Pdf automation for separating the usable page

I have pdf documents with more than 100 pages. Initially, I have Cover pages and at the end some unwanted pages, I want to use that in-between pages of pdf documents. Can you please help me how to get the usable pages separately from pdf document. suggest me the technical logics or step to follow up for complete the task efficiently.

Thanks in advance.

Manually how do you identify the these are required pages

if you don’t specify on what basis you want to bifurcate the pages from total it will be difficult to provide a logic

It will be helpful if you provide a sample pdf with expected output

Regards

Get the pdf page count using UiPath pdf activities. Then you can loop through the pages, read page, use regex or string manipulations to check if its a valid page, if the page is valid, split that page and save to a folder. Once iteration is completed, you will get the valid pages in a folder. Now read the folder (using directory.getfiles) and merge all the files using pdf activities.

I have a Key value for the required pages. Key value will be “LIFE TECHNOLOGIES”.This word is present in the top of every required pages.

then follow the above approach provided by @Anas-p-v

Regards

@Iswarya_P1

A little change to the approach mentioned by @Anas-p-v

Extract pdf supports multiple pges at same time…so no need to extract each page and then join again…

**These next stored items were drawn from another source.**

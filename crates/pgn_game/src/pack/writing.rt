//! The record of a game, appended to bytes.
ghost use Rattle.std.specs.Prelude.{◌≡◌, ◌↔◌, ◌<◌, ◌≤◌, ◌+◌, ◌^◌, ◌++◌, ℕ, true, false, List};
ghost use Rattle.std.specs.Prelude.{length, min};
ghost use Rattle.std.specs.Prelude.{option_map, OnOk, OnErr, IsErrOf};
ghost use Rattle.std.specs.List.{flat_map};
ghost use Rattle.std.specs.Int.{w32, to_be_bytes};
ghost use Rattle.pgn_text.specs.Public.GameTexts.{tag_in};
ghost use Rattle.pgn_game.specs.Public.Starts.{fen_tag};
ghost use Rattle.pgn_game.specs.Public.Replays.{IsSomeReplay};
ghost use Rattle.pgn_game.specs.Public.NamedRecords.{with_tags};
ghost use Rattle.pgn_game.specs.Public.PackReading.{raw_of};
ghost use Rattle.pgn_game.specs.Public.PackedGames.{PackedGame, FitsRecord, IsPacked, with_length};
ghost use Rattle.pgn_game.specs.Public.PackedGames.{name_bytes, tag_bytes, tags_size, body_size};
ghost use Rattle.pgn_game.specs.Public.PackedGames.{record_bytes, largest_body, name_size};
ghost use Rattle.pgn_game.specs.Public.PackedGames.{named_number, result_number, name_of};
ghost use Rattle.pgn_game.specs.Public.PackedGames.{is_origin};
ghost use Rattle.pgn_game.specs.Private.PackWords.{IsLinePlayed, PutsFront, PutsHead, PutsFields};

use crate::pack::error::PackError;
use crate::pack::origin::{GameOrigin, is_origin};
use crate::pack::ply::{Marks, coded_move};
use crate::pack::reading::{LARGEST_BODY, RawRecord};
use crate::turns::replayed::Replayed;
use pgn_text::RawGame;
use std::alloc::AllocError;

/// How many bytes the tags of the game take in its record; the largest number, where it is more.
fn tags_size(game: &RawGame) -> usize
    ensures { result ≡ min (tags_size game.now.tags) usize.MAX }
{
    let mut size = 0_usize;
    for (name, contents) in game.tags() {
        size = size
            .saturating_add(8)
            .saturating_add(name.len())
            .saturating_add(contents.len());
    }
    size
}

/// How many bytes the name takes in a record; the largest number, where it is more.
fn name_size(name: Option<&[u8]>) -> usize
    ensures { result ≡ min (name_size (option_map (λ bytes. bytes.now) name.entry)) usize.MAX }
{
    match name {
        Some(name) => name.len().saturating_add(4),
        None => 0,
    }
}

/// 1 where there is a name, and else 0.
fn named_number(name: Option<&[u8]>) -> u32
    ensures number { result ≡ named_number (option_map (λ bytes. bytes.now) name.entry) }
    ensures below { result < 2 }
{
    match name {
        Some(_) => 1,
        None => 0,
    }
}

/// The number of the result token that ends a game.
fn result_number(token: &[u8]) -> u32
    ensures number { result ≡ result_number token.now }
    ensures below { result < 4 }
{
    if token == b"1-0".as_slice() {
        1
    } else if token == b"0-1".as_slice() {
        2
    } else if token == b"1/2-1/2".as_slice() {
        3
    } else {
        0
    }
}

/// How many bytes stand in the record of the game with so many plies after its size; the largest
/// number, where it is more.
fn body_size(origin: &GameOrigin, game: &RawGame, plies: usize) -> usize
    ensures { result ≡ min (body_size (name_of origin.now) game.now.tags plies) usize.MAX }
{
    tags_size(game)
        .saturating_add(20)
        .saturating_add(name_size(origin.name))
        .saturating_add(plies.saturating_mul(3))
}

/// How many bytes stand after the size in the record with the tags of the head; the largest number,
/// where it is more.
fn headed_size(raw: &RawRecord<'_>, head: &RawGame) -> usize
    ensures { result ≡ min (20 + name_size raw.now.name + tags_size head.now.tags
        + length raw.now.plies) usize.MAX }
{
    tags_size(head)
        .saturating_add(20)
        .saturating_add(name_size(raw.name()))
        .saturating_add(raw.plies().len())
}

/// Appends the size of the record of the game with so many plies.
fn put_size(
    origin: &GameOrigin,
    game: &RawGame,
    plies: usize,
    out: &mut Vec<u8>,
) -> Result<(), PackError>
    ensures size { OnOk result (out.new.items
        ≡ out.old.items ++ to_be_bytes w32 (body_size (name_of origin.now) game.now.tags plies)) }
    ensures within { OnOk result
        (body_size (name_of origin.now) game.now.tags plies ≤ largest_body) }
    ensures large { IsErrOf result PackError.TooLarge
        ↔ (largest_body < body_size (name_of origin.now) game.now.tags plies) }
    ensures origin { IsErrOf result PackError.NoOrigin → ⊥ }
    ensures kept { (some : List ℕ) × (out.new.items ≡ out.old.items ++ some) }
{
    let size = body_size(origin, game, plies);
    if size > LARGEST_BODY {
        return Err(PackError::TooLarge);
    }
    out.extend_from_slice(&(size as u32).to_be_bytes())?;
    Ok(())
}

/// Appends the size of the record with so many plies, and the number and the offset of the game.
/// Answers an error where no run gives a game such a number, offset or file name.
fn put_front(
    origin: &GameOrigin,
    game: &RawGame,
    plies: usize,
    out: &mut Vec<u8>,
) -> Result<(), PackError>
    ensures front { OnOk result
        (PutsFront origin.now.number origin.now.offset
        (body_size (name_of origin.now) game.now.tags plies) out.old.items out.new.items) }
    ensures placed { OnOk result ((origin.now.number < 2 ^ 64) × (origin.now.offset < 2 ^ 64)
        × (is_origin origin.now.number origin.now.offset (name_of origin.now) ≡ true)) }
    ensures origin { IsErrOf result PackError.NoOrigin
        → is_origin origin.now.number origin.now.offset (name_of origin.now) ≡ false }
    ensures within { OnOk result
        (body_size (name_of origin.now) game.now.tags plies ≤ largest_body) }
    ensures large { IsErrOf result PackError.TooLarge
        ↔ (largest_body < body_size (name_of origin.now) game.now.tags plies) }
    ensures kept { (some : List ℕ) × (out.new.items ≡ out.old.items ++ some) }
{
    put_size(origin, game, plies, out)?;
    if !is_origin(origin.number, origin.offset, origin.name) {
        return Err(PackError::NoOrigin);
    }
    out.extend_from_slice(&origin.number.to_be_bytes())?;
    out.extend_from_slice(&origin.offset.to_be_bytes())?;
    Ok(())
}

/// Appends the head of the record of the game, of which the start has these marks.
fn put_head(
    origin: &GameOrigin,
    game: &RawGame,
    marks: Marks,
    out: &mut Vec<u8>,
) -> Result<(), AllocError>
    requires { length game.now.tags < 2 ^ 27 }
    ensures head { OnOk result
        (PutsHead (name_of origin.now) game.now.tags game.now.result marks.check marks.stuck
        out.old.items out.new.items) }
    ensures kept { (some : List ℕ) × (out.new.items ≡ out.old.items ++ some) }
{
    let count = game.tags().len() as u32;
    let named = named_number(origin.name);
    let low = 4 * result_number(game.result()) + u32::from(marks.number());
    let head = 32 * count + 16 * named + low;
    out.extend_from_slice(&head.to_be_bytes())?;
    Ok(())
}

/// Appends the bytes after their length.
fn put_text(text: &[u8], out: &mut Vec<u8>) -> Result<(), AllocError>
    requires { length text.now < 2 ^ 32 }
    ensures text { OnOk result (out.new.items ≡ out.old.items ++ with_length text.now) }
    ensures kept { (some : List ℕ) × (out.new.items ≡ out.old.items ++ some) }
{
    out.extend_from_slice(&(text.len() as u32).to_be_bytes())?;
    out.extend_from_slice(text)?;
    Ok(())
}

/// Appends the name, where there is one.
fn put_name(name: Option<&[u8]>, out: &mut Vec<u8>) -> Result<(), AllocError>
    requires { name_size (option_map (λ bytes. bytes.now) name) < 2 ^ 32 }
    ensures name { OnOk result (out.new.items
        ≡ out.old.items ++ name_bytes (option_map (λ bytes. bytes.now) name.entry)) }
    ensures kept { (some : List ℕ) × (out.new.items ≡ out.old.items ++ some) }
{
    match name {
        Some(name) => put_text(name, out),
        None => Ok(()),
    }
}

/// Appends the tags of the game.
fn put_tags(game: &RawGame, out: &mut Vec<u8>) -> Result<(), AllocError>
    requires { tags_size game.now.tags < 2 ^ 32 }
    ensures tags { OnOk result (out.new.items ≡ out.old.items ++ flat_map tag_bytes game.now.tags) }
    ensures kept { (some : List ℕ) × (out.new.items ≡ out.old.items ++ some) }
{
    for (name, contents) in game.tags() {
        put_text(*name, out)?;
        put_text(*contents, out)?;
    }
    Ok(())
}

/// Appends what stands in the record of the game in front of its plies. They are so many, and its
/// start has these marks. Where the record would be too large or memory is refused, some bytes of
/// it are appended.
pub(crate) fn put_fields(
    origin: &GameOrigin,
    game: &RawGame,
    plies: usize,
    marks: Marks,
    out: &mut Vec<u8>,
) -> Result<(), PackError>
    ensures fields { OnOk result
        (PutsFields origin.now game.now plies marks.check marks.stuck out.old.items
        out.new.items) }
    ensures large { IsErrOf result PackError.TooLarge
        ↔ (largest_body < body_size (name_of origin.now) game.now.tags plies) }
    ensures origin { IsErrOf result PackError.NoOrigin
        → is_origin origin.now.number origin.now.offset (name_of origin.now) ≡ false }
    ensures kept { (some : List ℕ) × (out.new.items ≡ out.old.items ++ some) }
{
    game.invariant();
    put_front(origin, game, plies, out)?;
    put_head(origin, game, marks, out)?;
    put_name(origin.name, out)?;
    put_tags(game, out)?;
    Ok(())
}

/// Appends the record of the game; where it would be too large or memory is refused, some bytes of
/// it.
fn put_replayed(
    origin: &GameOrigin,
    game: &RawGame,
    replayed: &Replayed,
    out: &mut Vec<u8>,
) -> Result<(), PackError>
    requires { IsLinePlayed replayed.now }
    ensures record { OnOk result ((packed : PackedGame)
        × IsPacked (name_of origin.now) origin.now.number origin.now.offset game.now replayed.now
        packed × FitsRecord packed × (out.new.items ≡ out.old.items ++ record_bytes packed)) }
    ensures large { IsErrOf result PackError.TooLarge
        ↔ (largest_body
        < body_size (name_of origin.now) game.now.tags (length replayed.now.played)) }
    ensures origin { IsErrOf result PackError.NoOrigin
        → is_origin origin.now.number origin.now.offset (name_of origin.now) ≡ false }
    ensures kept { (some : List ℕ) × (out.new.items ≡ out.old.items ++ some) }
{
    let count = replayed.plies();
    let marks = Marks::of(replayed.position(0), count > 0);
    put_fields(origin, game, count, marks, out)?;
    for plies in 0..count {
        let m = replayed.played(plies);
        let marks = Marks::of(replayed.position(plies + 1), plies + 1 < count);
        out.extend_from_slice(&coded_move(replayed.position(plies), &m, marks))?;
    }
    Ok(())
}

/// Appends the record of the game that comes from there: its name, its tags and its result as they
/// stand, and the main line of the replay, which is one of the game. Where the record would be too
/// large, no run gives the game such a number, offset or file name, or memory is refused, nothing
/// is appended.
pub fn put_record(
    origin: &GameOrigin,
    game: &RawGame,
    replayed: &Replayed,
    out: &mut Vec<u8>,
) -> Result<(), PackError>
    requires { IsSomeReplay (tag_in fen_tag game.now.tags) game.now.elements replayed.now }
    ensures record { OnOk result ((packed : PackedGame)
        × IsPacked (name_of origin.now) origin.now.number origin.now.offset game.now replayed.now
        packed × FitsRecord packed × (out.new.items ≡ out.old.items ++ record_bytes packed)) }
    ensures large { IsErrOf result PackError.TooLarge
        ↔ (largest_body
        < body_size (name_of origin.now) game.now.tags (length replayed.now.played)) }
    ensures origin { IsErrOf result PackError.NoOrigin
        → is_origin origin.now.number origin.now.offset (name_of origin.now) ≡ false }
    ensures left { OnErr result (out.new.items ≡ out.old.items) }
{
    let length = out.len();
    let put = put_replayed(origin, game, replayed, out);
    if put.is_err() {
        out.truncate(length);
    }
    put
}

/// Appends the record with the tags of the head in place of its own. Where it would be too large
/// or memory is refused, some bytes of it.
pub(crate) fn put_headed(
    raw: &RawRecord<'_>,
    head: &RawGame,
    out: &mut Vec<u8>,
) -> Result<(), PackError>
    ensures { OnOk result ((game : PackedGame) → FitsRecord game → raw.now ≡ raw_of game
        → FitsRecord (with_tags head.now.tags game)
        × (out.new.items ≡ out.old.items ++ record_bytes (with_tags head.now.tags game))) }
{
    head.invariant();
    let size = headed_size(raw, head);
    if size > LARGEST_BODY {
        return Err(PackError::TooLarge);
    }
    let count = head.tags().len() as u32;
    out.extend_from_slice(&(size as u32).to_be_bytes())?;
    out.extend_from_slice(&raw.number().to_be_bytes())?;
    out.extend_from_slice(&raw.offset().to_be_bytes())?;
    out.extend_from_slice(&(32 * count + raw.below_count()).to_be_bytes())?;
    put_name(raw.name(), out)?;
    put_tags(head, out)?;
    out.extend_from_slice(raw.plies())?;
    Ok(())
}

Instead get all the page numbers needed and concatenate them with comma and pass it to extract pdf activity

Hope this helps

Cheers

can you give me the step by step activities usage guidance to complete.

@Iswarya_P1

Follow the steps

Initialieze a variable str of string type with string.Empty

  1. Get pdf page count and store in a variable
  2. Use for loop with Enumerable.Range(1,PageCount).ToArray and change type argument to integer
  3. Inside use use read pdf text and give the page number as currentitem…
  4. If condition with outputofpdfread.Contains(“TextTosearch”)
  5. On then side use str = If(str.Equals(string.Empty),"",",") + currentitem.ToString
  6. After the loop use extract pdf range and pass the str as range and it would extract all the required pages to one pdf

Cheers

I got an error in that str = If(str.Equals(string.Empty),“”,“,”) + currentitem.ToString assign acitivity. can you explain that line.

@Iswarya_P1

This like is to append page numbers with comma separation …for the first time we should not add comma …so check if string is empty then append page number …else append a comma and page number

Small change …I forgot to include this

If(str.Equals(string.Empty),"",str + ",") + currentitem.ToString

Cheers

@Iswarya_P1

Please check this…all of your workflow is working perfect…the only step you missed is initializing str

image

Happy Automation

BlankProcess30 (2).zip (1.5 MB)

cheers

Thank you for your support. @Anil_G

1 Like

@Iswarya_P1

Happy Automation

Cheers

For example, let’s assume that the pdf documents have 100 pages, the last 30 pages are strike out.(total Strike out pages may vary for each documents) In these case, How to identify the strike out pages in the pdf documents and get the remaining pages from the documents for pdf automation? @Anil_G

@Iswarya_P1

Please open a separate topic for this as this is not related to the current one…

This helps in segregating the issues one for one topic

You can close this is the current issue is resolved

It would be a good idea if you can attach a sample also in the new thread you create

cheers

This topic was automatically closed 3 days after the last reply. New replies are no longer allowed.